I guess I could always raise one kid Catholic and another kid off-brand Jewish, but I think that would just make the sibling rivalry a hundred times worse. These are the things I think about at night.

According to the weather forecast, it might stop snowing by lunchtime tomorrow. Dear Lord, another uninterrupted day with my mother. I mean, I love her, but...she's kind of crazy

Don't freeze out there.

1 comment:

As Bjorn said...

Well, I grew up catholic, went to mass every single day of grade school, and had a catholic ceremony first time down the aisle (Becky McGovern, Joel's mom, 1970). I know that you can have a ceremony in a catholic church without having a mass (Kimb's bro Randy married a sicilian catholic republican--yes hard to believe--three years ago. They had a ceremony but no mass. Still a little weird if you ask me.), but I think you do have to discuss how the children will be raised. I personally am against organized expressions of faith, particularly those coming from the Book, as they say. So your experiment strikes me as rather cruel, teaching one that the first part of the book is okay, and the other that the second part of the book is also okay. If you had a third you could raise that one Mormon, or maybe just give him a copy of the Q'uran to take to bed at night. None of my children were raised with any sort of organized religious fanfare; just my usual enormous number of details from across the map. My four year old speaks to me of Buddha quite often. My daughter in Chicago goes to a catholic school, but has her own version of the "story" which she can change when it becomes necessary. My third and final wedding, in New Hampshire in 1999, featured a prayer to the trees of the earth and an invocation of Arianrhod. My son read a poem about Cernunnos, the Great Stag of the Forest. The guests were mildly confused, but the vows were intense and mainly about "having your back" and they accepted it all as meaning something close to what they might think marriage is about. Only one relative used the P word, "pagan". The thing I discovered about Kimberly when we became romantically involved is that we actually shared the same suspicions about the true nature of this world and that we both had the Lady in our lives. Well, that's pretty rare I can tell you.

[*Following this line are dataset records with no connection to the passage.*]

//! What a script answers to a line.
//!
//! **The definition of an answer is a relation**, since two things are left open: which P or Y code a filter that is refused gets, and where memory
//! is refused. All else is a function of the lines before.
ghost use Rattle.std.specs.Prelude.{◌≡◌, ◌≤◌, ◌<◌, ◌+◌, ◌/◌, ◌%◌, [], ◌∷◌, ◌++◌, flat_map, IfOk, OnOk, OnErr, codes, decimal};
ghost use Rattle.std.specs.Io.{StartsWith};
ghost use Rattle.netchange_core.specs.Whole.{whole_reply};
ghost use Rattle.operator_cmds.specs.Replies as spec;

use line_protocol::{LineReply, push_decimal, push_refusal};
use netchange_core::{Message, ReplyRef, Via};
use std::alloc::AllocError;

/// Refuses a line with a code and a place.
pub fn refuse(out: &mut Vec<u8>, code: &str, at: u64) -> Result<LineReply, AllocError>
    ensures ok { IfOk result (spec.Adds (spec.refused code.now at) out.old.items out.new.items) }
    ensures err { OnErr result (StartsWith out.new.items out.old.items) }
{
    push_refusal(out, code, at)?;
    Ok(LineReply::Refused)
}

/// Answers a line of which nothing is told but that it was carried out.
pub fn confirm(out: &mut Vec<u8>) -> Result<LineReply, AllocError>
    ensures ok { IfOk result (spec.Adds (spec.answered (codes "ok")) out.old.items out.new.items) }
    ensures err { OnErr result (StartsWith out.new.items out.old.items) }
{
    out.extend_from_slice(b"ok\n")?;
    Ok(LineReply::Answered)
}

/// Adds through whom a route goes.
pub fn push_via(out: &mut Vec<u8>, via: Via) -> Result<(), AllocError>
    ensures ok { OnOk result (out.new.items ≡ out.old.items ++ spec.via_text via) }
    ensures err { OnErr result (StartsWith out.new.items out.old.items) }
{
    match via {
        Via::Local => out.extend_from_slice(b" local"),
        Via::Node(node) => {
            out.extend_from_slice(b" via ")?;
            push_decimal(out, u64::from(node))
        }
        Via::Nowhere => out.extend_from_slice(b" none"),
    }
}

/// Adds a byte and a number in decimal digits. Most numbers of answers have at most two, and are written at once.
#[inline(always)]
fn push_after(out: &mut Vec<u8>, sign: u8, n: u32) -> Result<(), AllocError>
    ensures ok { OnOk result (out.new.items ≡ out.old.items ++ sign ∷ decimal n) }
    ensures err { OnErr result (StartsWith out.new.items out.old.items) }
{
    if n < 10 {
        return out.extend_from_slice(&[sign, b'0' + n as u8]);
    }
    if n < 100 {
        let ten = b'0' + (n / 10) as u8;
        let one = b'0' + (n % 10) as u8;
        return out.extend_from_slice(&[sign, ten, one]);
    }
    push_long_after(out, sign, n)
}

/// Adds a byte and a number of three digits or more.
#[inline(never)]
fn push_long_after(out: &mut Vec<u8>, sign: u8, n: u32) -> Result<(), AllocError>
    requires { 100 ≤ n }
    ensures ok { OnOk result (out.new.items ≡ out.old.items ++ sign ∷ decimal n) }
    ensures err { OnErr result (StartsWith out.new.items out.old.items) }
{
    if n < 1_000 {
        let tens = n / 10;
        let (hundred, ten) = (b'0' + (tens / 10) as u8, b'0' + (tens % 10) as u8);
        let one = b'0' + (n % 10) as u8;
        return out.extend_from_slice(&[sign, hundred, ten, one]);
    }
    out.push(sign)?;
    push_decimal(out, u64::from(n))
}

/// Adds a node and a number that is told of it.
#[inline(never)]
pub(crate) fn push_pair(out: &mut Vec<u8>, node: u16, number: u32) -> Result<(), AllocError>
    ensures ok { OnOk result (out.new.items ≡ out.old.items ++ spec.pair_text node number) }
    ensures err { OnErr result (StartsWith out.new.items out.old.items) }
{
    push_after(out, b' ', u32::from(node))?;
    push_after(out, b':', number)
}

/// The two digits of each number below 100, one number after another.
static PAIRS: [u8; 200] =
    *b"00010203040506070809101112131415161718192021222324252627282930313233343536373839404142434445464748495051525354555657585960616263646566676869707172737475767778798081828384858687888990919293949596979899";

/// The two digits of a number.
#[inline(always)]
fn two_digits(n: u16) -> (u8, u8)
    requires { n < 100 }
    ensures ten { result.0 ≡ 48 + n / 10 }
    ensures one { result.1 ≡ 48 + n % 10 }
{
    let at = n as usize * 2;
    (PAIRS[at], PAIRS[at + 1])
}

/// Adds a message about a node of one digit. Mostly its distance has at most three, and all of it is put there at once.
#[inline(always)]
fn push_of_one_digit(out: &mut Vec<u8>, dest: u16, dist: u16) -> Result<(), AllocError>
    requires { dest < 10 }
    ensures ok { OnOk result (out.new.items ≡ out.old.items ++ spec.pair_text dest dist) }
    ensures err { OnErr result (StartsWith out.new.items out.old.items) }
{
    let to = b'0' + dest as u8;
    if dist < 10 {
        let one = b'0' + dist as u8;
        return out.extend_from_slice(&[b' ', to, b':', one]);
    }
    if dist < 100 {
        let (ten, one) = two_digits(dist);
        return out.extend_from_slice(&[b' ', to, b':', ten, one]);
    }
    if dist < 1_000 {
        let hundred = b'0' + (dist / 100) as u8;
        let (ten, one) = two_digits(dist % 100);
        return out.extend_from_slice(&[b' ', to, b':', hundred, ten, one]);
    }
    push_pair(out, dest, u32::from(dist))
}

/// Adds a message about a node of two digits, as one about a node of one.
#[inline(always)]
fn push_of_two_digits(out: &mut Vec<u8>, dest: u16, dist: u16) -> Result<(), AllocError>
    requires least { 10 ≤ dest }
    requires most { dest < 100 }
    ensures ok { OnOk result (out.new.items ≡ out.old.items ++ spec.pair_text dest dist) }
    ensures err { OnErr result (StartsWith out.new.items out.old.items) }
{
    let (to_ten, to) = two_digits(dest);
    if dist < 10 {
        let one = b'0' + dist as u8;
        return out.extend_from_slice(&[b' ', to_ten, to, b':', one]);
    }
    if dist < 100 {
        let (ten, one) = two_digits(dist);
        return out.extend_from_slice(&[b' ', to_ten, to, b':', ten, one]);
    }
    if dist < 1_000 {
        let hundred = b'0' + (dist / 100) as u8;
        let (ten, one) = two_digits(dist % 100);
        return out.extend_from_slice(&[b' ', to_ten, to, b':', hundred, ten, one]);
    }
    push_pair(out, dest, u32::from(dist))
}

/// Adds a message about a node of three digits, as one about a node of one.
#[inline(always)]
fn push_of_three_digits(out: &mut Vec<u8>, dest: u16, dist: u16) -> Result<(), AllocError>
    requires least { 100 ≤ dest }
    requires most { dest < 1000 }
    ensures ok { OnOk result (out.new.items ≡ out.old.items ++ spec.pair_text dest dist) }
    ensures err { OnErr result (StartsWith out.new.items out.old.items) }
{
    let to_hundred = b'0' + (dest / 100) as u8;
    let (to_ten, to) = two_digits(dest % 100);
    if dist < 10 {
        let one = b'0' + dist as u8;
        return out.extend_from_slice(&[b' ', to_hundred, to_ten, to, b':', one]);
    }
    if dist < 100 {
        let (ten, one) = two_digits(dist);
        return out.extend_from_slice(&[b' ', to_hundred, to_ten, to, b':', ten, one]);
    }
    if dist < 1_000 {
        let hundred = b'0' + (dist / 100) as u8;
        let (ten, one) = two_digits(dist % 100);
        return out.extend_from_slice(&[b' ', to_hundred, to_ten, to, b':', hundred, ten, one]);
    }
    push_pair(out, dest, u32::from(dist))
}

/// Adds a message.
#[inline(always)]
fn push_message(out: &mut Vec<u8>, message: Message) -> Result<(), AllocError>
    ensures ok { OnOk result (out.new.items ≡ out.old.items ++ spec.message_text message) }
    ensures err { OnErr result (StartsWith out.new.items out.old.items) }
{
    let Message { dest, dist } = message;
    if dest < 10 {
        return push_of_one_digit(out, dest, dist);
    }
    if dest < 100 {
        return push_of_two_digits(out, dest, dist);
    }
    if dest < 1_000 {
        return push_of_three_digits(out, dest, dist);
    }
    push_pair(out, dest, u32::from(dist))
}

/// Adds messages, in order.
fn push_each(out: &mut Vec<u8>, messages: &[Message]) -> Result<(), AllocError>
    ensures ok { OnOk result (out.new.items ≡ out.old.items ++ flat_map spec.message_text messages.now) }
    ensures err { OnErr result (StartsWith out.new.items out.old.items) }
{
    for message in messages {
        push_message(out, *message)?;
    }
    Ok(())
}

/// Adds the line of an event by which messages left a queue.
#[inline(never)]
fn push_messages(out: &mut Vec<u8>, messages: &[Message]) -> Result<(), AllocError>
    ensures ok { OnOk result (out.new.items ≡ out.old.items ++ (codes "messages" ++ (flat_map spec.message_text messages.now ++ 10 ∷ []))) }
    ensures err { OnErr result (StartsWith out.new.items out.old.items) }
{
    out.extend_from_slice(b"messages")?;
    push_each(out, messages)?;
    out.push(b'\n')?;
    Ok(())
}

/// Adds the line of an event by which a session began.
#[inline(never)]
fn push_opened(out: &mut Vec<u8>, session: u32) -> Result<(), AllocError>
    ensures ok { OnOk result (out.new.items ≡ out.old.items ++ (codes "opened " ++ (decimal session ++ 10 ∷ []))) }
    ensures err { OnErr result (StartsWith out.new.items out.old.items) }
{
    out.extend_from_slice(b"opened ")?;
    push_decimal(out, u64::from(session))?;
    out.push(b'\n')?;
    Ok(())
}

/// Adds the line of a look at a route.
#[inline(never)]
fn push_route(out: &mut Vec<u8>, dist: u16, via: Via) -> Result<(), AllocError>
    ensures ok { OnOk result (out.new.items ≡ out.old.items ++ (codes "route " ++ (decimal dist ++ (spec.via_text via ++ 10 ∷ [])))) }
    ensures err { OnErr result (StartsWith out.new.items out.old.items) }
{
    out.extend_from_slice(b"route ")?;
    push_decimal(out, u64::from(dist))?;
    push_via(out, via)?;
    out.push(b'\n')?;
    Ok(())
}

/// Adds the line of an event by which so many distances changed. Mostly they are few, and the line is put there at once.
#[inline(never)]
fn push_done(out: &mut Vec<u8>, changed: u16) -> Result<(), AllocError>
    ensures ok { OnOk result (out.new.items ≡ out.old.items ++ (codes "done " ++ (decimal changed ++ 10 ∷ []))) }
    ensures err { OnErr result (StartsWith out.new.items out.old.items) }
{
    if changed < 10 {
        let digit = b'0' + changed as u8;
        return out.extend_from_slice(&[b'd', b'o', b'n', b'e', b' ', digit, b'\n']);
    }
    out.extend_from_slice(b"done ")?;
    push_decimal(out, u64::from(changed))?;
    out.push(b'\n')?;
    Ok(())
}

/// Answers an event by the router's reply to it, which has this position in the journal.
#[inline(always)]
pub fn answer_reply(
    out: &mut Vec<u8>,
    at: u64,
    reply: ReplyRef<'_>,
) -> Result<LineReply, AllocError>
    ensures ok { IfOk result (spec.Adds (spec.reply_answer at (whole_reply reply.entry)) out.old.items out.new.items) }
    ensures err { OnErr result (StartsWith out.new.items out.old.items) }
{
    match reply {
        ReplyRef::Opened(session) => push_opened(out, session)?,
        ReplyRef::Done { changed } => push_done(out, changed)?,
        ReplyRef::Messages(messages) => push_messages(out, messages)?,
        ReplyRef::Route { dist, via } => push_route(out, dist, via)?,
        ReplyRef::Refused(why) => return refuse(out, why.code(), at),
    }
    Ok(LineReply::Answered)
}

I have to say, catholic mothers are not going to give up wanting their sons to have catholic weddings. But you have the right to have the wedding you want to have. My mother and father were married by a justice of the peace in Mississippi. My mother was pregnant, it was 1942. In 1948 my parents were married in a catholic ceremony in Wichita. My father used to joke about my mother cutting him off for several years. My sisters were born in 43 and 45. I was born in 50. and my two bros after that. You do the math. My mother just wouldn't give up on the concept. And we were all raised catholic. Something I wouldn't do to my worst enemy.

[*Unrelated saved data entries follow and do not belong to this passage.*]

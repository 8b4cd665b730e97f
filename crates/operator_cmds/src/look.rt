//! What a script answers to a command that looks at its router.
//!
//! **A look is no event** (`routes`, `neighbours`, `told`, `history`), so it can be made of a full history and changes no replay. Before the first
//! event it is made of a journal that is opened for it and dropped, so that prefixes can still be set.
//!
//! **`told` of a node that is not up is O2**, with the line's number: N codes name a place in the history, where a look has none.
//!
//! **`told` names all nodes**, since the tables do not keep which of them a neighbour told: a node of which it told nothing has distance N.
//!
//! **O10 names the first position that can be shown**, and not the line, as the other O codes do: without it nobody would know where to ask from.
//!
//! **FROM has 64 bits in scripts too**, whose histories are shorter: one command has one range.
ghost use Rattle.std.specs.Prelude.{◌≡◌, ◌++◌, ◌<◌, ◌≤◌, ◌-◌, ◌^◌, true, IfOk, OnOk, OnErr, drop, length, map, take};
ghost use Rattle.std.specs.Io.{StartsWith};
ghost use Rattle.history_lines.specs.Views.{entry_view};
ghost use Rattle.operator_cmds.specs.Looks as spec;
ghost use Rattle.operator_cmds.specs.Replies.{Adds, answered};

use crate::HISTORY_COUNT;
use crate::command::Look;
use crate::fault::CommandFault;
use crate::reply::{push_pair, refuse};
use history_lines::push_entry;
use line_protocol::{LineReply, push_decimal};
use netchange_core::{BestRoute, Tables, Via};
use route_history::{Entries, Journal};
use std::alloc::{AllocError, Global};

/// Adds a route to a node.
fn push_route(out: &mut Vec<u8>, node: u16, route: BestRoute) -> Result<(), AllocError>
    ensures ok { OnOk result (out.new.items ≡ out.old.items ++ spec.route_text node route) }
    ensures err { OnErr result (StartsWith out.new.items out.old.items) }
{
    push_pair(out, node, u32::from(route.dist))?;
    match route.via {
        Via::Node(hop) => {
            out.push(b':')?;
            push_decimal(out, u64::from(hop))
        }
        Via::Local | Via::Nowhere => Ok(()),
    }
}

/// Adds a node with its present session, if it has one.
fn push_session(out: &mut Vec<u8>, node: u16, session: Option<u32>) -> Result<(), AllocError>
    ensures ok { OnOk result (out.new.items ≡ out.old.items ++ spec.session_text node session) }
    ensures err { OnErr result (StartsWith out.new.items out.old.items) }
{
    match session {
        Some(session) => push_pair(out, node, session),
        None => Ok(()),
    }
}

/// Adds the distance to a node that a neighbour advertised, and what its import filter made of it where that is another.
fn push_told(out: &mut Vec<u8>, node: u16, advertised: u16, filtered: u16) -> Result<(), AllocError>
    ensures ok { OnOk result (out.new.items ≡ out.old.items ++ spec.told_text node advertised filtered) }
    ensures err { OnErr result (StartsWith out.new.items out.old.items) }
{
    push_pair(out, node, u32::from(advertised))?;
    if advertised == filtered {
        return Ok(());
    }
    out.push(b'>')?;
    push_decimal(out, u64::from(filtered))
}

/// Adds what a look tells of a node.
fn push_node(out: &mut Vec<u8>, tables: &Tables, look: Look, node: u16) -> Result<(), AllocError>
    requires node { node < tables.now.opening.size }
    requires known { spec.IsLook tables.now.opening.size look }
    ensures ok { OnOk result (out.new.items ≡ out.old.items ++ spec.node_text tables.now look node) }
    ensures err { OnErr result (StartsWith out.new.items out.old.items) }
{
    match look {
        Look::Routes => push_route(out, node, tables.route(node)),
        Look::Neighbours => push_session(out, node, tables.present_session(node)),
        Look::Told(from) => push_told(
            out,
            node,
            tables.advertised(from, node),
            tables.neighbour_distance(from, node),
        ),
    }
}

/// Adds what a look tells of each node, in order.
#[tactic(auto, unfolding(crate::specs::Looks::texts_below))]
fn push_nodes(out: &mut Vec<u8>, tables: &Tables, look: Look) -> Result<(), AllocError>
    requires { spec.IsLook tables.now.opening.size look }
    ensures ok { OnOk result (out.new.items ≡ out.old.items ++ spec.nodes_text tables.now look) }
    ensures err { OnErr result (StartsWith out.new.items out.old.items) }
{
    for node in 0..tables.opening().size() {
        push_node(out, tables, look, node)?;
    }
    Ok(())
}

/// The first word of the answer to a look.
fn look_word(look: Look) -> &'static str
    ensures { result.now ≡ spec.look_word look }
{
    match look {
        Look::Routes => "routes",
        Look::Neighbours => "neighbours",
        Look::Told(_) => "told",
    }
}

/// Whether a look can be answered: only an up neighbour has told something.
fn can_look(tables: &Tables, look: Look) -> bool
    ensures value { result ≡ spec.can_look tables.now look }
    ensures known { result ≡ true → spec.IsLook tables.now.opening.size look }
{
    match look {
        Look::Routes | Look::Neighbours => true,
        Look::Told(from) => tables.present_session(from).is_some(),
    }
}

/// Answers the line of this number, which looks at the tables.
pub fn answer_look(
    out: &mut Vec<u8>,
    tables: &Tables,
    number: u32,
    look: Look,
) -> Result<LineReply, AllocError>
    ensures ok { IfOk result (Adds (spec.looked tables.now number look) out.old.items out.new.items) }
    ensures err { OnErr result (StartsWith out.new.items out.old.items) }
{
    if !can_look(tables, look) {
        return refuse(out, CommandFault::Numbers.code(), u64::from(number));
    }
    out.extend_from_slice(look_word(look).as_bytes())?;
    push_nodes(out, tables, look)?;
    out.push(b'\n')?;
    Ok(LineReply::Answered)
}

/// Adds what stands before an entry, where so many were told before it.
pub(crate) fn push_bar(out: &mut Vec<u8>, told: usize) -> Result<(), AllocError>
    ensures ok { OnOk result (out.new.items ≡ out.old.items ++ spec.bar_before told) }
    ensures err { OnErr result (StartsWith out.new.items out.old.items) }
{
    if told == 0 {
        Ok(out.push(b' ')?)
    } else {
        out.extend_from_slice(b" | ")
    }
}

/// How many entries are told at once, from a position on.
fn count_told(entries: &Entries, from: u64) -> usize
    ensures value { take result (drop from entries.now) ≡ spec.told_entries entries.now from }
    ensures within { result ≤ length entries.now - from }
{
    HISTORY_COUNT.min(entries.len().saturating_sub(from as usize))
}

/// Adds so many entries, from a position on.
fn push_entries(
    alloc: Global,
    out: &mut Vec<u8>,
    from: u64,
    entries: &Entries,
    count: usize,
) -> Result<(), AllocError>
    requires within { count ≤ length entries.now - from }
    requires numbered { length entries.now ≤ 2 ^ 32 }
    ensures ok { OnOk result (out.new.items ≡
        out.old.items ++ spec.entries_text from 0 (map entry_view (take count (drop from entries.now)))) }
    ensures err { OnErr result (StartsWith out.new.items out.old.items) }
{
    for told in 0..count {
        push_bar(out, told)?;
        let at = from + told as u64;
        push_entry(alloc, out, at, entries.entry(at as usize))?;
    }
    Ok(())
}

/// Answers a line that looks at the history from a position on.
pub fn answer_history(
    alloc: Global,
    out: &mut Vec<u8>,
    journal: &Journal,
    from: u64,
) -> Result<LineReply, AllocError>
    ensures ok { IfOk result (Adds (answered (spec.history_text journal.now.entries from)) out.old.items out.new.items) }
    ensures err { OnErr result (StartsWith out.new.items out.old.items) }
{
    // For the proof alone, which needs what its contract says.
    let _limit = journal.limit();
    answer_entries(alloc, out, journal.entries(), from)
}

/// The same of the entries of its journal.
fn answer_entries(
    alloc: Global,
    out: &mut Vec<u8>,
    entries: &Entries,
    from: u64,
) -> Result<LineReply, AllocError>
    requires numbered { length entries.now ≤ 2 ^ 32 }
    ensures ok { IfOk result (Adds (answered (spec.history_text entries.now from)) out.old.items out.new.items) }
    ensures err { OnErr result (StartsWith out.new.items out.old.items) }
{
    let count = count_told(entries, from);
    out.extend_from_slice(b"history")?;
    push_entries(alloc, out, from, entries, count)?;
    out.push(b'\n')?;
    Ok(LineReply::Answered)
}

Becky Bradway and myself were married by a judge at the courthouse in Springfield, one fine winter day while we were getting it together to move to New York City. We wanted to be sure to qualify for graduate student married housing. BB was such a romantic, dont you think? Her parents insisted on throwing us this weird little party. Bad champagne and poppers. I think they were relieved she got married at all. Well, now I'm just rambling.

You are too young to get married for five or ten years, anyway. There will be a nummber of men in your life and who knows about the ladies? Be open to new experiences. Remember the open heart is the heart that can learn. Be well. Oh, I posted some more Piper pics on my blog. And thanks for the nice comment. I read it to Paige this afternoon and we agreed that it was so very Kiri.